Listed Building – Grade II*
- Official name: Castle Horneck
- Designated: 7 February 1974
- Reference no.: 1143172

= Castle Horneck =

Historic site in Cornwall, England

Castle Horneck is a Grade II* listed building, and refurbished Georgian mansion to the west of the Cornish town of Penzance. It is currently owned by the Youth Hostels Association (YHA) and has been used as a youth hostel since 1950.

==Toponymy==
Castle Horneck derives from Castelhornek in a 1335 manuscript and Kestel Hornek from a 1395 manuscript.

==History==
Also referred to as Castle Hornocke (Early Modern English) and Iron Castle; it may be the site of a castle, which may have existed, near Penzance. Castle Horneck is said to have been built by the Tyes family in the 12th century, and in the 13th and 14th centuries the Tyes were the Lords of the Manor of Alverton. The first mention of Penzance is in 1284 and the Manor of Alverton was influential in the history and development of the town. In the early 16th-century Thomas Lavelis of Castle Horneck, inherited Trewoofe (near Lamorna) when he married Joanna, the youngest daughter of John de Trewoofe.
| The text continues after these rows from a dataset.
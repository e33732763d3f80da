//! What a soak runs, by a seed and a number of commands: its script, what happens to the members, and its random words (own).
//!
//! ```text
//! commands(alloc, count)         the script
//! plan(alloc, seed, count)       so many acts, each at its turn
//! SeedDice::new(seed)            random words
//! ```
//!
//! A seed gives the same on every machine: the numbers are those of [`Draws`], a generator of 64 bits. `specs/` says which.
#![tactic(auto)]

mod dice;
mod draws;
pub mod laws;
mod plans;
mod script;

pub use dice::SeedDice;
pub use draws::Draws;
pub use plans::plan;
pub use script::commands;
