//! Scripts: texts of commands, one JSON object (RFC 8259) a line.
//!
//! [`read_script`] takes a script of at most 16,777,216 bytes from a source and answers its commands in order, at most
//! 100,000, or the first fault with its line. A line ends with LF, and a CR before it is dropped; the last line needs no
//! LF. A line of spaces alone, or of nothing, is skipped and counted. Each other line is an object in UTF-8 with the members
//! of its command and no others:
//!
//! | Member | Value | For |
//! |---|---|---|
//! | `lane` | an integer from 1 to 64 | all |
//! | `op` | `insert`, `update`, `delete`, `findAndModify`, `find` | all |
//! | `coll` | a text, not empty, without a zero | all |
//! | `db` | the same, or absent | all |
//! | `doc` | an object | insert |
//! | `filter` | an object | the others |
//! | `change` | an object | update; findAndModify without `remove` |
//! | `multi`, `upsert` | a truth value, or absent for false | update |
//! | `limit` | 0, which stands for all, or 1, or absent for 1 | delete |
//! | `remove` | true, or absent | findAndModify |
//! | `mode` | the name of a mode, or absent for the client's own preference | find |
//! | `tags` | an array of objects of texts, no name with a zero, beside a mode other than primary; or absent | find |
//!
//! Lines are read in order, and in a line the faults are, in this order, that it does not parse or nests past 127 levels,
//! that it has not this shape, that the lane is out of its range, and that a document is at fault, the filter ahead of the
//! change.
//!
//! The claim begins at the parsed value: which value a line's text is, and that a member which stands twice counts by its
//! last value, is `serde_json`'s definition (`Read.read`), which contracts here cite and do not judge.
#![tactic(auto)]

mod acts;
mod command;
mod fault;
mod head;
mod line;
mod lines;
mod member;
mod reads;
mod script;
mod stop;
mod taking;
mod values;

pub use fault::{ScriptFault, ScriptKind, ScriptRead};
pub use script::read_script;

/// Want of memory, the error of calls that can fail in no other way.
pub type Memory = std::alloc::AllocError;
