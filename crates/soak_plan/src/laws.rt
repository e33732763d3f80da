//! Worked values: what a seed gives, reckoned outside of the proofs.
ghost use Rattle.std.specs.Prelude.{◌≡◌, false, [], ◌∷◌, None, codes};
ghost use Rattle.cmd_build.specs.declared.command.Act.TheVariants as work;
ghost use Rattle.member_hall.specs.declared.act.Act.TheVariants as act;
ghost use Rattle.soak_plan.specs.Commands.{commands_of, id_of, set_of};
ghost use Rattle.soak_plan.specs.Draws.{drawn, given};
ghost use Rattle.soak_plan.specs.Plans.{plan_of, planned};

/// The first states, numbers, acts and commands of some seeds.
pub fn seeds_give_these()
    ensures first_state { drawn 1 ≡ 7806831264735756412 }
    ensures first_number { given 1 ≡ 908834774 }
    ensures second_number { given (drawn 1) ≡ 1093944153 }
    ensures first_word_of_seed_one { drawn 2 ≡ 14170967488582549417 }
    ensures plan { plan_of 1 2 ≡ planned 54 (act.Late 0 30) ∷ planned 116 (act.Mute 0) ∷ [] }
    ensures plan_with_an_election { plan_of 2 3 ≡ planned 60 (act.Hold 0 3) ∷ planned 96 (act.Elect 1) ∷ planned 96 (act.Follow 0)
        ∷ planned 135 (act.Elect 2) ∷ planned 135 (act.Follow 1) ∷ [] }
    ensures commands { commands_of 4
        ≡ record { lane = 1; db = None; coll = codes "s"; act = work.Insert (id_of 0) }
        ∷ record { lane = 1; db = None; coll = codes "s"; act = work.Update (id_of 1) (set_of 1) false false }
        ∷ record { lane = 1; db = None; coll = codes "s"; act = work.Delete (id_of 2) false }
        ∷ record { lane = 1; db = None; coll = codes "s"; act = work.Find (id_of 3) None } ∷ [] }
{}
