ghost use Rattle.std.specs.Prelude.{◌≡◌, find};
ghost use Rattle.bson_doc.specs.Documents.{is_text};
ghost use Rattle.script_text.specs.Members.{name_of};

use cmd_build::Op;

/// The members that a command's line may have.
#[derive(Clone, Copy, Debug, PartialEq, Eq)]
pub(crate) enum Member {
    /// `lane`, the command's lane: an integer from 1 to 64.
    Lane,
    /// `op`, what the command does.
    Op,
    /// `coll`, the collection: a text, not empty, without a zero.
    Coll,
    /// `db`, the collection's database: the same, or absent.
    Db,
    /// `doc`, the document that is added: an object.
    Doc,
    /// `filter`, which documents fit: an object.
    Filter,
    /// `change`, the change: an object.
    Change,
    /// `multi`, whether all that fit are changed: a truth value, or absent for false.
    Multi,
    /// `upsert`, whether one is added where none fits: a truth value, or absent for false.
    Upsert,
    /// `limit`, how many are removed: 0 for all, 1, or absent for 1.
    Limit,
    /// `remove`, that the document is removed: true, or absent.
    Remove,
    /// `mode`, the mode of the read preference: its name, or absent for the client's own preference.
    Mode,
    /// `tags`, the tag sets of the read preference: an array of objects of texts, or absent.
    Tags,
}

/// All members.
const MEMBERS: [Member; 13] = [
    Member::Lane,
    Member::Op,
    Member::Coll,
    Member::Db,
    Member::Doc,
    Member::Filter,
    Member::Change,
    Member::Multi,
    Member::Upsert,
    Member::Limit,
    Member::Remove,
    Member::Mode,
    Member::Tags,
];

impl Member {
    ghost use Rattle.script_text.specs.Members.{name_of, member_named, is_of};

    /// The member's name.
    pub(crate) fn name(self) -> &'static str
        ensures { result.now ≡ name_of self }
    {
        match self {
            Member::Lane => "lane",
            Member::Op => "op",
            Member::Coll => "coll",
            Member::Db => "db",
            Member::Doc => "doc",
            Member::Filter => "filter",
            Member::Change => "change",
            Member::Multi => "multi",
            Member::Upsert => "upsert",
            Member::Limit => "limit",
            Member::Remove => "remove",
            Member::Mode => "mode",
            Member::Tags => "tags",
        }
    }

    /// The member of that name, byte by byte; none where no line has such a member.
    pub(crate) fn from_name(name: &str) -> Option<Member>
        ensures { result ≡ member_named name.now }
    {
        named(name, &MEMBERS)
    }

    /// Whether the line of such a command may have the member.
    pub(crate) fn is_of(self, op: Op) -> bool
        ensures { result ≡ is_of op self }
    {
        match self {
            Member::Lane | Member::Op | Member::Coll | Member::Db => true,
            Member::Doc => matches!(op, Op::Insert),
            Member::Filter => !matches!(op, Op::Insert),
            Member::Change => matches!(op, Op::Update | Op::FindAndModify),
            Member::Multi | Member::Upsert => matches!(op, Op::Update),
            Member::Limit => matches!(op, Op::Delete),
            Member::Remove => matches!(op, Op::FindAndModify),
            Member::Mode | Member::Tags => matches!(op, Op::Find),
        }
    }
}

/// The first of the members that has the name.
fn named(name: &str, members: &[Member]) -> Option<Member>
    ensures { result ≡ find (λ m. is_text (name_of m) name.now) members.now }
{
    for member in members {
        if member.name() == name {
            return Some(*member);
        }
    }
    None
}
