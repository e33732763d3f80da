//! The bytes of a script, from its source.

ghost use Rattle.std.specs.Prelude.{◌≡◌, Err, OnErr, IfOk, IfErr, List, ℕ};
ghost use Rattle.net_link.specs.Causes.{HasCause};
ghost use Rattle.script_text.specs.Taken.{Takes, IsWhole, IsCut};

use crate::ScriptRead;
use net_link::{Source, SourceCame};
use std::alloc::Global;

/// The most bytes of a script.
pub const MOST_BYTES: usize = 16_777_216;

/// The most bytes that are taken: with one more, a script is known to be too long.
const MOST_TAKEN: usize = MOST_BYTES + 1;

/// How much one read asks for at most.
const PIECE: usize = 4096;

/// All bytes of the source, or its first 16,777,217.
pub fn take_text<S: Source>(alloc: Global, source: &mut S) -> Result<Vec<u8>, ScriptRead>
    ensures taken { IfOk result (λ v. Takes S.tells (S.left source.old) (S.left source.new) v.items) }
    ensures whole { IfOk result (λ v. S.tells → IsWhole v.items (S.left source.new)) }
    ensures lost { OnErr result ((bytes : List ℕ) × Takes S.tells (S.left source.old) (S.left source.new) bytes) }
    ensures stop { IfErr result IsCut }
    ensures cause { HasCause (S.faults source.old) (S.faults source.new) (result ≡ Err ScriptRead.ReadFault) }
{
    let mut bytes = Vec::new(alloc);
    let mut piece = [0; PIECE];
    'pieces: while bytes.len() < MOST_TAKEN {
        let want = (MOST_TAKEN - bytes.len()).min(PIECE);
        match source.read(&mut piece[..want]) {
            SourceCame::Got(count) => {
                let Ok(()) = bytes.extend_from_slice(&piece[..count]) else {
                    return Err(ScriptRead::Memory);
                };
            }
            SourceCame::End => return Ok(bytes),
            SourceCame::Failed => return Err(ScriptRead::ReadFault),
        }
    }
    Ok(bytes)
}
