//! The read preference of a find, by its mode and its tags (Server Selection, Read Preference).
ghost use Rattle.std.specs.Prelude.{◌≡◌, false, IfOk, Some, option_and_then, option_map};
ghost use Rattle.read_pref.specs.Modes.{mode_named};
ghost use Rattle.read_pref.specs.Preferences.{has_tags_on_primary};
ghost use Rattle.serde_json.specs.Find.{as_str};
ghost use Rattle.serde_json.specs.View.{items_view, members_view, view};
ghost use Rattle.script_text.specs.Reads.{preference_with, read_at as read_in, set_from, sets_from, sets_in, tag_from, tags_in};

use crate::Memory;
use crate::member::Member;
use crate::values::value_at;
use bson_doc::{Name, Rows, Text};
use read_pref::{Mode, ReadPref, Tag, TagSet};
use serde_json::{Map, Value};
use std::alloc::Global;

/// The read preference, none where the client's own stands.
pub(crate) fn read_at(alloc: Global, value: &Value) -> Result<Option<Option<ReadPref>>, Memory>
    ensures { IfOk result (λ r. r ≡ read_in (view value.now)) }
{
    let tags = value_at(value, Member::Tags);
    let Some(mode) = value_at(value, Member::Mode) else {
        return match tags {
            Some(_) => Ok(None),
            None => Ok(Some(None)),
        };
    };
    let Some(mode) = mode_of(mode) else {
        return Ok(None);
    };
    match preference_of(alloc, mode, tags)? {
        Some(preference) => Ok(Some(Some(preference))),
        None => Ok(None),
    }
}

/// The mode of that name.
fn mode_of(value: &Value) -> Option<Mode>
    ensures { result ≡ option_and_then mode_named (as_str (view value.now)) }
{
    match value.as_str() {
        Some(name) => Mode::from_name(name),
        None => None,
    }
}

/// The preference of a mode and of tags that may be absent; with mode primary they are.
#[tactic(auto, using(crate::proofs::TagLemmas::tag_lemmas))]
fn preference_of(
    alloc: Global,
    mode: Mode,
    tags: Option<&Value>,
) -> Result<Option<ReadPref>, Memory>
    ensures { IfOk result (λ p. p ≡ preference_with mode (option_map (λ t. view t.now) tags.entry)) }
{
    let Some(tags) = tags else {
        return Ok(preference(mode, Rows::new(alloc)));
    };
    if matches!(mode, Mode::Primary) {
        return Ok(None);
    }
    match sets_of(alloc, tags)? {
        Some(sets) => Ok(preference(mode, sets)),
        None => Ok(None),
    }
}

/// The preference of a mode and tag sets that may stand beside it.
fn preference(mode: Mode, sets: Rows<TagSet>) -> Option<ReadPref>
    requires { has_tags_on_primary (record { mode = mode; tag_sets = sets }) ≡ false }
    ensures { result ≡ Some (record { mode = mode; tag_sets = sets }) }
{
    match ReadPref::new(mode, sets) {
        Ok(preference) => Some(preference),
        Err(_) => None,
    }
}

/// The tag sets of an array of objects of texts.
fn sets_of(alloc: Global, value: &Value) -> Result<Option<Rows<TagSet>>, Memory>
    ensures { IfOk result (λ s. s ≡ sets_from (view value.now)) }
{
    match value {
        Value::Array(items) => each_set(alloc, items),
        _ => Ok(None),
    }
}

#[tactic(auto, using(crate::proofs::TagLemmas::tag_lemmas))]
fn each_set(alloc: Global, items: &Vec<Value>) -> Result<Option<Rows<TagSet>>, Memory>
    ensures { IfOk result (λ s. s ≡ sets_in (items_view items.now.items)) }
{
    let mut sets = Rows::new(alloc);
    for item in items.iter() {
        match set_of(alloc, item)? {
            Some(set) => sets.push(set)?,
            None => return Ok(None),
        }
    }
    Ok(Some(sets))
}

/// The tag set of an object of texts.
fn set_of(alloc: Global, value: &Value) -> Result<Option<TagSet>, Memory>
    ensures { IfOk result (λ s. s ≡ set_from (view value.now)) }
{
    match value {
        Value::Object(members) => each_tag(alloc, members),
        _ => Ok(None),
    }
}

#[tactic(auto, using(crate::proofs::TagLemmas::tag_lemmas))]
fn each_tag(alloc: Global, members: &Map<String, Value>) -> Result<Option<TagSet>, Memory>
    ensures { IfOk result (λ s. s ≡ tags_in (members_view members.now.entries)) }
{
    let mut tags = Rows::new(alloc);
    for (key, value) in members.iter() {
        match tag_of(alloc, key.as_str(), value)? {
            Some(tag) => tags.push(tag)?,
            None => return Ok(None),
        }
    }
    Ok(Some(tags))
}

/// The tag of a name without a zero and a text.
fn tag_of(alloc: Global, name: &str, value: &Value) -> Result<Option<Tag>, Memory>
    ensures { IfOk result (λ t. t ≡ tag_from name.now (view value.now)) }
{
    let Some(value) = value.as_str() else {
        return Ok(None);
    };
    let Ok(name) = Name::new(Text::take(alloc, name)?) else {
        return Ok(None);
    };
    let value = Text::take(alloc, value)?;
    Ok(Some(Tag { name, value }))
}
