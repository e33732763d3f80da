//! Steps about `write_retry` and `watch_step`, one command's attempts and one server's checks: those of [`steps`], with
//! events in the words of [`events`], and the facts of [`facts`].
mod attempts;
mod checks;
mod events;
mod facts;
mod state;
mod steps;

pub use state::State;
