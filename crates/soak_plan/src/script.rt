ghost use Rattle.std.specs.Prelude.{◌≡◌, ◌%◌, ◌≤◌, IfOk};
ghost use Rattle.script_text.specs.Bounds.{IsBounded};
ghost use Rattle.soak_plan.specs.Commands.{act_by, command_of, commands_of, id_of, set_of};

use bson_doc::{Document, Memory, Name, Rows, Value};
use cmd_build::{Act, Command};
use std::alloc::Global;

/// The script of a soak: so many commands, each on one document.
pub fn commands(alloc: Global, count: u32) -> Result<Rows<Command>, Memory>
    requires { count ≤ 100000 }
    ensures commands { IfOk result (λ cs. cs ≡ commands_of count) }
    ensures bounded { IfOk result (λ cs. IsBounded cs) }
{
    let mut commands = Rows::new(alloc);
    for number in 0..count {
        commands.push(command(alloc, number)?)?;
    }
    Ok(commands)
}

/// The command of that number.
fn command(alloc: Global, number: u32) -> Result<Command, Memory>
    requires { number ≤ 100000 }
    ensures { IfOk result (λ c. c ≡ command_of number) }
{
    Ok(Command {
        lane: 1,
        db: None,
        coll: Name::take(alloc, "s")?,
        act: act(alloc, number)?,
    })
}

/// What it does.
fn act(alloc: Global, number: u32) -> Result<Act, Memory>
    requires { number ≤ 100000 }
    ensures { IfOk result (λ a. a ≡ act_by (number % 4) number) }
{
    let id = id(alloc, number)?;
    match number % 4 {
        0 => Ok(Act::Insert { doc: id }),
        1 => Ok(Act::Update {
            filter: id,
            change: set(alloc, number)?,
            multi: false,
            upsert: false,
        }),
        2 => Ok(Act::Delete {
            filter: id,
            all: false,
        }),
        _ => Ok(Act::Find {
            filter: id,
            read: None,
        }),
    }
}

/// The document's id.
fn id(alloc: Global, number: u32) -> Result<Document, Memory>
    requires { number ≤ 100000 }
    ensures { IfOk result (λ d. d ≡ id_of number) }
{
    let mut id = Document::new(alloc);
    id.put(alloc, "_id", Value::Int32(number as i32))?;
    Ok(id)
}

/// The change of an update.
fn set(alloc: Global, number: u32) -> Result<Document, Memory>
    requires { number ≤ 100000 }
    ensures { IfOk result (λ d. d ≡ set_of number) }
{
    let mut value = Document::new(alloc);
    value.put(alloc, "v", Value::Int32(number as i32))?;
    let mut set = Document::new(alloc);
    set.put(alloc, "$set", Value::Doc(value))?;
    Ok(set)
}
Castle Horneck was the ancient home of the Borlase family, and in circa 1720 the front of the house was rebuilt by Dr Walter Borlase. Dr Borlase was vicar of Madron for 55 years and vice-warden of the Stannaries. In the 1860s the Borlase family were listed as one of two major landholders in the parish of Morvah and by 1893 the Misses Borlase were the ladies of the manor at Morvah. The house was modernised in 1879 with larger windows on the front of the house and annexes built on the east and north. At that time there was extensive grounds with good specimens of giant redwood (Sequoiadendron giganteum) and the largest hollies (Ilex aquifolium) in the neighbourhood. In April 1880 the house was leased to the Reverend Franklyn Tonkin, the vicar of Madron. When the house was leased in 1880, William Copeland Borlase who was born at Castle Horneck in 1848 was living at nearby Laregan House.